On average, young women’s breast cancers are diagnosed far later than older women’s—and as a result the death rate is far higher—in part because the cancers typically go unnoticed for so long. Helping women make peace with our bodies and our sexuality isn’t just an incidental nicety—in some cases, it can be lifesaving. Seven
years after my diagnosis, I’m in remission and I’m doing great. While no breast cancer survivor can ever know what the future holds, I feel very, very lucky.

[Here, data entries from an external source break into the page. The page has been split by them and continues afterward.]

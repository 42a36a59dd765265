//! The threads of a service, and its end.
ghost use Rattle.std.specs.Prelude.{◌≡◌, All, map, true, None, IfOk, IfSome, OnOk, OnErr, is_some};
ghost use Rattle.job_table.specs.Job.{fresh_search};
ghost use Rattle.farm_core.specs.Config.{ConfigData};
ghost use Rattle.farm_core.specs.Tills.{AreSeated, AreTillsOf};
ghost use Rattle.farm_session.specs.TillDesk.{tills_of};
ghost use Rattle.farm_session.specs.Ready.{MakesFresh};
ghost use Rattle.farm_pool.specs.Settle.{books_of, words_at, AreLoaded, first_unsettled};
ghost use Rattle.farm_service.specs.Role.{IsAtTills};
ghost use Rattle.farm_service.specs.Session.{HasRunRole, IsClientServed};
ghost use Rattle.farm_service.specs.Tills.{IsSettled};

use crate::batch::Batch;
use crate::connection::{Service, session};
use crate::connection_desks::connection_desks;
use crate::shared::{PoolAt, ReturnsToken, Shared, join_all, promise_of, push_handle};
use crate::signal::{StopWhenIdle, WorkSignal, WorkerGate};
use crate::wire::{Incoming, Outgoing};
use farm_core::{Config, Farm};
use farm_pool::{Pool, Settled, finish};
use farm_session::{Ready, TillDesk, Workshop, boxed_search, open_tills};
use quanta_till::{Desk, Till};
use std::alloc::Global;
use std::cell::RefCell;
use std::io::{BufReader, BufWriter, Write};
use std::net::{TcpListener, TcpStream};
use std::sync::Wait;
use std::thread;
use std::thread::{PromisedHandle, Scope, Threads};
use std::time::Clock;
use strategy::{Kind, Strategy};

/// A `ServeFault` is why a farm's service failed.
#[derive(Clone, Copy, Debug, PartialEq, Eq, thiserror::Error)]
pub enum ServeFault {
    /// The ledgers and the tills do not agree at the end.
    #[error("Unsettled")]
    Unsettled,
    /// A connection was not accepted, or no thread was made.
    #[error("Listen")]
    Listen,
    /// There was no memory to begin, or for one more thread.
    #[error("NoMemory")]
    NoMemory,
}

#[derive(Drop)]
enum Role<'a> {
    Worker,
    Client(Vec<TillDesk<'a>>, TcpStream),
}

/// Without memory for its buffers a client is not answered.
fn serve_connection<D: Shared, R: Wait, M: Fn(Ready) -> Option<D::Search>>(
    service: &Service<'_, '_, R, D, M>,
    token: &mut D::Token,
    own: &mut [TillDesk<'_>],
    stream: &TcpStream,
)
    requires own { D.owns service.now.shared.now token.old }
    requires config { D.config service.now.shared.now ≡ service.now.shop.config.now }
    requires tills { AreTillsOf service.now.shop.config.now (tills_of own.old) }
    requires make { M.IsAlwaysCallable service.now.shop.make.now }
    requires fresh { MakesFresh D.means D.leases (M.post service.now.shop.make.now) }
    ensures own { D.owns service.now.shared.now token.new }
    ensures served { IsClientServed service.now.shop.config.now
        (D.tells service.now.shared.now)
        (M.post service.now.shop.make.now)
        token.old own.old token.new own.new }
{
    let _ = stream.set_nodelay(true);
    let Ok(input) = BufReader::new(service.shop.alloc, stream) else {
        return;
    };
    let Ok(output) = BufWriter::new(service.shop.alloc, stream) else {
        return;
    };
    let Ok(batch) = Batch::new(service.shop.alloc) else {
        return;
    };
    let output = RefCell::new(output);
    let mut reader = Incoming {
        input,
        output: &output,
    };
    let mut writer = Outgoing { output: &output };
    session(service, token, own, &mut reader, &mut writer, batch);
    let _ = writer.flush();
}

fn run_role<'a, D: Shared, R: Wait + Clock, M: Fn(Ready) -> Option<D::Search>>(
    service: &Service<'_, '_, R, D, M>,
    token: D::Token,
    role: Role<'a>,
) -> (D::Token, Role<'a>)
    requires own { D.owns service.now.shared.now token }
    requires config { D.config service.now.shared.now ≡ service.now.shop.config.now }
    requires tills { IsAtTills service.now.shop.config.now role }
    requires make { M.IsAlwaysCallable service.now.shop.make.now }
    requires fresh { MakesFresh D.means D.leases (M.post service.now.shop.make.now) }
    ensures own { D.owns service.now.shared.now result.0 }
    ensures role { HasRunRole service.now.shop.config.now
        (D.tells service.now.shared.now)
        (M.post service.now.shop.make.now)
        (D.works service.now.shared.now)
        role.entry token result.1 result.0 }
{
    let mut token = token;
    match role {
        Role::Worker => {
            let seat = WorkerGate::new(service.rt, service.signal);
            service.shared.work(&mut token, &seat);
            (token, Role::Worker)
        }
        Role::Client(mut own, stream) => {
            serve_connection(service, &mut token, own.as_mut_slice(), &stream);
            service.signal.leave(service.rt, 1);
            (token, Role::Client(own, stream))
        }
    }
}

fn next_role<'a>(
    listener: &TcpListener,
    is_worker: bool,
    connection_desks: &mut Vec<Vec<TillDesk<'a>>>,
) -> Result<Role<'a>, ServeFault>
    ensures left { (config : ConfigData) → All (λ own. AreTillsOf config (tills_of own.items)) connection_desks.old.items
        → All (λ own. AreTillsOf config (tills_of own.items)) connection_desks.new.items }
    ensures own { (config : ConfigData) → All (λ own. AreTillsOf config (tills_of own.items)) connection_desks.old.items
        → IfOk result (IsAtTills config) }
{
    if is_worker {
        return Ok(Role::Worker);
    }
    match (connection_desks.pop(), listener.accept()) {
        (Some(own), Ok((stream, _))) => Ok(Role::Client(own, stream)),
        _ => Err(ServeFault::Listen),
    }
}

/// Starts a thread for `role`, with a token of its own, and keeps its handle.
fn spawn_role<
    's,
    'e: 's,
    D: Shared<Token: Send + Drop + 'static> + Sync,
    R: Threads + Wait + Clock + Sync,
    M: Fn(Ready) -> Option<D::Search> + Sync,
>(
    scope: &Scope<'s, &'e ()>,
    service: &'e Service<'e, 'e, R, D, M>,
    token: &mut D::Token,
    handles: &mut Vec<PromisedHandle<D::Token, ReturnsToken<D>>>,
    role: Role<'e>,
) -> Result<(), ServeFault>
    requires own { D.owns service.now.shared.now token.old }
    requires config { D.config service.now.shared.now ≡ service.now.shop.config.now }
    requires tills { IsAtTills service.now.shop.config.now role }
    requires make { M.IsAlwaysCallable service.now.shop.make.now }
    requires fresh { MakesFresh D.means D.leases (M.post service.now.shop.make.now) }
    requires all { All (λ h. h.promise.0.value ≡ service.now.shared.now) handles.old.items }
    ensures own { D.owns service.now.shared.now token.new }
    ensures all { All (λ h. h.promise.0.value ≡ service.now.shared.now) handles.new.items }
{
    if handles.reserve(1).is_err() {
        return Err(ServeFault::NoMemory);
    }
    let theirs = service.shared.split(token);
    let spawned = scope.spawn_with(
        promise_of(service.shared),
        move || -> D::Token
            requires { D.owns service.now.shared.now theirs
                × (D.config service.now.shared.now ≡ service.now.shop.config.now)
                × IsAtTills service.now.shop.config.now role
                × M.IsAlwaysCallable service.now.shop.make.now
                × MakesFresh D.means D.leases (M.post service.now.shop.make.now) }
            ensures { D.owns service.entry.now.shared.now result }
        { run_role(service, theirs, role).0 },
    );
    let Ok(handle) = spawned else {
        return Err(ServeFault::Listen);
    };
    push_handle(service.shared, handles, handle);
    Ok(())
}

/// Starts the workers, then a thread for each of `connection_desks` and its connection. After a
/// fault it starts no more.
fn spawn_all<
    's,
    'e: 's,
    D: Shared<Token: Send + Drop + 'static> + Sync,
    R: Threads + Wait + Clock + Sync,
    M: Fn(Ready) -> Option<D::Search> + Sync,
>(
    scope: &Scope<'s, &'e ()>,
    service: &'e Service<'e, 'e, R, D, M>,
    listener: &TcpListener,
    connection_desks: Vec<Vec<TillDesk<'e>>>,
    token: &mut D::Token,
    handles: &mut Vec<PromisedHandle<D::Token, ReturnsToken<D>>>,
) -> Option<ServeFault>
    requires own { D.owns service.now.shared.now token.old }
    requires config { D.config service.now.shared.now ≡ service.now.shop.config.now }
    requires tills { All (λ own. AreTillsOf service.now.shop.config.now (tills_of own.items)) connection_desks.items }
    requires make { M.IsAlwaysCallable service.now.shop.make.now }
    requires fresh { MakesFresh D.means D.leases (M.post service.now.shop.make.now) }
    requires all { All (λ h. h.promise.0.value ≡ service.now.shared.now) handles.old.items }
    ensures own { D.owns service.now.shared.now token.new }
    ensures all { All (λ h. h.promise.0.value ≡ service.now.shared.now) handles.new.items }
{
    let mut connection_desks = connection_desks;
    let workers = service.shop.config.workers();
    for i in 0..workers.saturating_add(connection_desks.len() as u64) {
        let Ok(role) = next_role(listener, i < workers, &mut connection_desks) else {
            return Some(ServeFault::Listen);
        };
        if let Err(why) = spawn_role(scope, service, token, handles, role) {
            return Some(why);
        }
    }
    None
}

/// Answers a connection for each of `connection_desks` in a thread of its own, while workers take
/// turns. After a fault it accepts no more connections.
fn run_threads<
    D: Shared<Token: Send + Drop + 'static> + Sync,
    R: Threads + Wait + Clock + Sync,
    M: Fn(Ready) -> Option<D::Search> + Sync,
>(
    service: &Service<'_, '_, R, D, M>,
    listener: TcpListener,
    token: &mut D::Token,
    connection_desks: Vec<Vec<TillDesk<'_>>>,
) -> Option<ServeFault>
    requires own { D.owns service.now.shared.now token.old }
    requires config { D.config service.now.shared.now ≡ service.now.shop.config.now }
    requires tills { All (λ own. AreTillsOf service.now.shop.config.now (tills_of own.items)) connection_desks.items }
    requires make { M.IsAlwaysCallable service.now.shop.make.now }
    requires fresh { MakesFresh D.means D.leases (M.post service.now.shop.make.now) }
    ensures { D.owns service.now.shared.now token.new }
{
    let mine = service.shared.split(token);
    let (back, fault) = thread::scope(
        thread::scope_env(),
        service.rt,
        move |scope| -> (D::Token, Option<ServeFault>)
            requires { D.owns service.now.shared.now mine
                × (D.config service.now.shared.now ≡ service.now.shop.config.now)
                × All (λ own. AreTillsOf service.now.shop.config.now (tills_of own.items)) connection_desks.items
                × M.IsAlwaysCallable service.now.shop.make.now
                × MakesFresh D.means D.leases (M.post service.now.shop.make.now) }
            ensures { D.owns service.entry.now.shared.now result.0 }
        {
            let mut mine = mine;
            let workers = service.shop.config.workers();
            let total = workers.saturating_add(connection_desks.len() as u64);
            let mut handles = Vec::new(service.shop.alloc);
            let fault = spawn_all(
                scope,
                service,
                &listener,
                connection_desks,
                &mut mine,
                &mut handles,
            );
            drop(listener);
            let unmade = total.saturating_sub(handles.len() as u64);
            service.signal.leave(service.rt, unmade);
            (join_all(service.rt, service.shared, mine, handles), fault)
        },
    );
    service.shared.join(token, back);
    fault
}

/// Answers `sessions` connections on a new farm, each in a thread of its own, while workers run
/// turns. Then it works off the jobs that wait, and settles the farm with its tills. The port is
/// closed once the last connection is accepted.
pub fn serve<R: Threads + Wait + Clock + Sync>(
    rt: &R,
    alloc: Global,
    config: &Config,
    listener: TcpListener,
    sessions: u64,
) -> Result<Settled, ServeFault>
    ensures { OnOk result (IsSettled config.now sessions) }
{
    let Ok((pool, mut pass)) = Pool::new(alloc, config) else {
        return Err(ServeFault::NoMemory);
    };
    let Ok((tills, mut desks)) = open_tills(alloc, config) else {
        return Err(ServeFault::NoMemory);
    };
    let (tills, desks) = (tills.as_slice(), desks.as_mut_slice());
    let Ok(connection_desks) = connection_desks(alloc, tills, desks, sessions) else {
        return Err(ServeFault::NoMemory);
    };
    let signal = WorkSignal::new(connection_desks.len() as u64);
    let make = |ready: Ready| -> Option<Box<dyn Strategy>>
        ensures { IfSome result (λ search.
            ((Strategy-box search).meaning search.value ≡ fresh_search ready.lease.tenant ready.plan)
            × ((Strategy-box search).lease search.value ≡ ready.lease)) }
    { boxed_search!(ready, alloc) };
    let shared = PoolAt { rt, pool: &pool };
    let service = Service {
        rt,
        shared: &shared,
        signal: &signal,
        shop: Workshop {
            alloc,
            config,
            make: &make,
        },
    };
    if let Some(fault) = run_threads(&service, listener, &mut pass, connection_desks) {
        return Err(fault);
    }
    pool.work(rt, &mut pass, &StopWhenIdle);
    match pool.close(pass) {
        Some(farm) => settle(farm, tills, desks),
        None => Err(ServeFault::Unsettled),
    }
}

fn settle<J: Strategy>(
    farm: Farm<J>,
    tills: &[Till],
    desks: &mut [Desk],
) -> Result<Settled, ServeFault>
    requires tills { AreTillsOf farm.config tills.now }
    requires seated { AreSeated tills.now desks.old }
    ensures loaded { AreLoaded desks.old desks.new }
    ensures settled { OnOk result (first_unsettled (books_of farm) (map words_at desks.new) ≡ None) }
    ensures unsettled { OnErr result (is_some (first_unsettled (books_of farm) (map words_at desks.new)) ≡ true) }
{
    match finish(farm, tills, desks) {
        Ok(settled) => Ok(settled),
        Err(_) => Err(ServeFault::Unsettled),
    }
}
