//! What the threads of a service share: a pool, as they see it.
//!
//! A pool is a farm of boxed searches. What runs in threads is generic in the search, and only
//! `serve` names the boxes.
ghost use Rattle.std.specs.Prelude.{◌≡◌, ℕ, ◌<◌, ◌≤◌, [], All, length};
ghost use Rattle.std.specs.Vec.{vec_len, vec_capacity};
ghost use Rattle.quanta_till.specs.Lease.{LeaseValue};
ghost use Rattle.strategy.specs.Search.{Meaning};
ghost use Rattle.farm_core.specs.Command.{event_of, IsFresh};
ghost use Rattle.farm_core.specs.Config.{ConfigData};
ghost use Rattle.farm_core.specs.declared.entry.Event.{Event};
ghost use Rattle.farm_core.specs.declared.reply.Reply.{Reply};
ghost use Rattle.farm_service.specs.Asked.{AreAnswered};

use farm_core::{Command, Reply};
use farm_pool::{Gate, Pool, PoolPass, Query};
use std::snapshot::Snapshot;
use std::sync::Wait;
use std::thread::{Promise, PromisedHandle, Threads};
use strategy::Strategy;

/// A `Shared` is a pool as its threads see it. Each thread makes calls with a token of its own.
pub(crate) trait Shared {
    type Search;

    type Token;

    ghost config: { Self → ConfigData };

    ghost means: { Self.Search → Meaning };

    ghost leases: { Self.Search → LeaseValue };

    ghost owns: { Self → Self.Token → Type 0 };

    ghost tells: { Self → Self.Token → ℕ → Event → Reply → Self.Token → Type 0 };

    ghost works: { Self → Self.Token → Self.Token → Type 0 };

    /// Makes the call that a tenant asks for.
    fn call(&self, token: &mut Self::Token, tenant: u32, command: Command<Self::Search>) -> Reply
        requires own { owns self.now token.old }
        requires known { tenant < length (config self.now).tenants }
        requires fresh { IsFresh means tenant command }
        ensures own { owns self.now token.new }
        ensures told { tells self.now token.old tenant (event_of command) result token.new };

    /// Answers queries one after another, in one turn of the lock.
    fn ask_all(&self, token: &mut Self::Token, queries: &[Query], replies: &mut Vec<Reply>)
        requires own { owns self.now token.old }
        requires known { All (λ query. query.tenant < length (config self.now).tenants) queries.now }
        requires none { replies.old.items ≡ [] }
        requires room { length queries.now ≤ vec_capacity replies.old }
        ensures own { owns self.now token.new }
        ensures told { AreAnswered (tells self.now) token.old queries.now replies.new.items token.new }
        ensures capacity { vec_capacity replies.new ≡ vec_capacity replies.old };

    fn work<G: Gate>(&self, token: &mut Self::Token, gate: &G)
        requires { owns self.now token.old }
        ensures own { owns self.now token.new }
        ensures worked { works self.now token.old token.new };

    fn split(&self, token: &mut Self::Token) -> Self::Token
        requires { owns self.now token.old }
        ensures kept { owns self.now token.new }
        ensures new { owns self.now result };

    fn join(&self, token: &mut Self::Token, other: Self::Token)
        requires own { owns self.now token.old }
        requires other { owns self.now other }
        ensures { owns self.now token.new };
}

/// A `PoolAt` is a pool with the runtime at which its threads wait for the lock.
#[derive(Drop)]
pub(crate) struct PoolAt<'a, R> {
    pub(crate) rt: &'a R,
    pub(crate) pool: &'a Pool,
}

impl<'a, R: Wait> Shared for PoolAt<'a, R> {
    type Search = Box<dyn Strategy>;

    type Token = PoolPass;

    ghost use Rattle.turn_lock.specs.Plays.{Called};
    ghost use Rattle.turn_lock.specs.Values.{IsPassOf};
    ghost use Rattle.farm_pool.specs.declared.image.AnswerImage.TheVariants as told;
    ghost use Rattle.farm_pool.specs.declared.image.CallImage.TheVariants as said;
    ghost use Rattle.farm_pool.specs.Served.{Served};
    ghost use Rattle.farm_pool.specs.Worked.{Worked};
    ghost use Rattle.std.specs.Prelude.{ℕ};

    ghost config = { λ at. at.pool.now.lock.opening };

    ghost means = { λ b. (Strategy-box b).meaning b.value };

    ghost leases = { λ b. (Strategy-box b).lease b.value };

    ghost owns = { λ at pass. IsPassOf at.pool.now.lock pass };

    ghost tells = { λ at pass t e r new. Called Served pass.view (said.Asked t e) (told.Replied r) new.view };

    ghost works = { λ at pass new.
        (turns : ℕ) × (strangers : ℕ) × Worked at.pool.now.slice pass.view turns strangers new.view };

    // (the kit takes a command of boxes only with the clauses said again)
    fn call(&self, token: &mut PoolPass, tenant: u32, command: Command<Box<dyn Strategy>>) -> Reply
        requires own { IsPassOf self.now.pool.now.lock token.old }
        requires known { tenant < length self.now.pool.now.lock.opening.tenants }
        requires fresh { IsFresh (λ b. (Strategy-box b).meaning b.value) tenant command }
        ensures own { IsPassOf self.now.pool.now.lock token.new }
        ensures told { Called Served token.old.view
            (said.Asked tenant (event_of command)) (told.Replied result) token.new.view }
    {
        self.pool.call(self.rt, token, tenant, command)
    }

    fn ask_all(&self, token: &mut PoolPass, queries: &[Query], replies: &mut Vec<Reply>) {
        self.pool.ask_all(self.rt, token, queries, replies);
    }

    fn work<G: Gate>(&self, token: &mut PoolPass, gate: &G) {
        self.pool.work(self.rt, token, gate);
    }

    fn split(&self, token: &mut PoolPass) -> PoolPass {
        self.pool.split_pass(token)
    }

    fn join(&self, token: &mut PoolPass, other: PoolPass) {
        self.pool.join_pass(token, other);
    }
}

/// A `ReturnsToken` is a thread's promise to bring back a token of `D`.
#[derive(Drop)]
pub(crate) struct ReturnsToken<D>(Snapshot<D>);

impl<D: Shared> Promise<D::Token> for ReturnsToken<D> {
    ghost kept_by = { λ p token. D.owns p.0.value token };
}

pub(crate) fn promise_of<D>(shared: &D) -> ReturnsToken<D>
    ensures { result.0.value ≡ shared.now }
{
    ReturnsToken(Snapshot::of(shared))
}

pub(crate) fn push_handle<D: Shared<Token: Send + Drop + 'static>>(
    shared: &D,
    handles: &mut Vec<PromisedHandle<D::Token, ReturnsToken<D>>>,
    handle: PromisedHandle<D::Token, ReturnsToken<D>>,
)
    requires room { vec_len handles.old < vec_capacity handles.old }
    requires all { All (λ h. h.promise.0.value ≡ shared.now) handles.old.items }
    requires one { handle.promise.0.value ≡ shared.now }
    ensures { All (λ h. h.promise.0.value ≡ shared.now) handles.new.items }
{
    handles.push_reserved(handle);
}

/// Waits until all threads have ended, and joins their tokens to `mine`.
pub(crate) fn join_all<D: Shared<Token: Send + Drop + 'static>, R: Threads>(
    rt: &R,
    shared: &D,
    mine: D::Token,
    handles: Vec<PromisedHandle<D::Token, ReturnsToken<D>>>,
) -> D::Token
    requires own { D.owns shared.now mine }
    requires all { All (λ h. h.promise.0.value ≡ shared.now) handles.items }
    ensures { D.owns shared.now result }
{
    let mut mine = mine;
    let mut handles = handles;
    for _ in 0..handles.len() {
        let Some(handle) = handles.pop() else {
            break;
        };
        let theirs = handle.join(rt);
        shared.join(&mut mine, theirs);
    }
    mine
}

Surviving cancer fuels my passion for educating about women’s sexuality. But it was an earlier experience—learning how to have an orgasm—that first sparked my interest. That didn’t happen until shortly after my twentieth birthday.

I was a kid who didn’t masturbate growing up. I knew what masturbation was, and my parents were the liberal types who clearly communicated that touching yourself was okay as long as you were in private (not in the sandbox!). But my limited explorations didn’t impress me enough to continue, so I led a happy little-kid existence without masturbation. Didn’t do it, didn’t think about it, didn’t wonder if other kids were doing it.

The years went by. My mom is a regular reader of the advice column Dear Abby, and when I was a teenager, she dutifully mailed $2 and a self-addressed stamped envelope for a copy of Abby’s booklet
What Every Teen Should Know.
The booklet was full of advice on subjects like dating, drinking, smoking, and other topics of interest to the teenage set, and when I read through the copy my mom gave me, it all seemed quite sensible.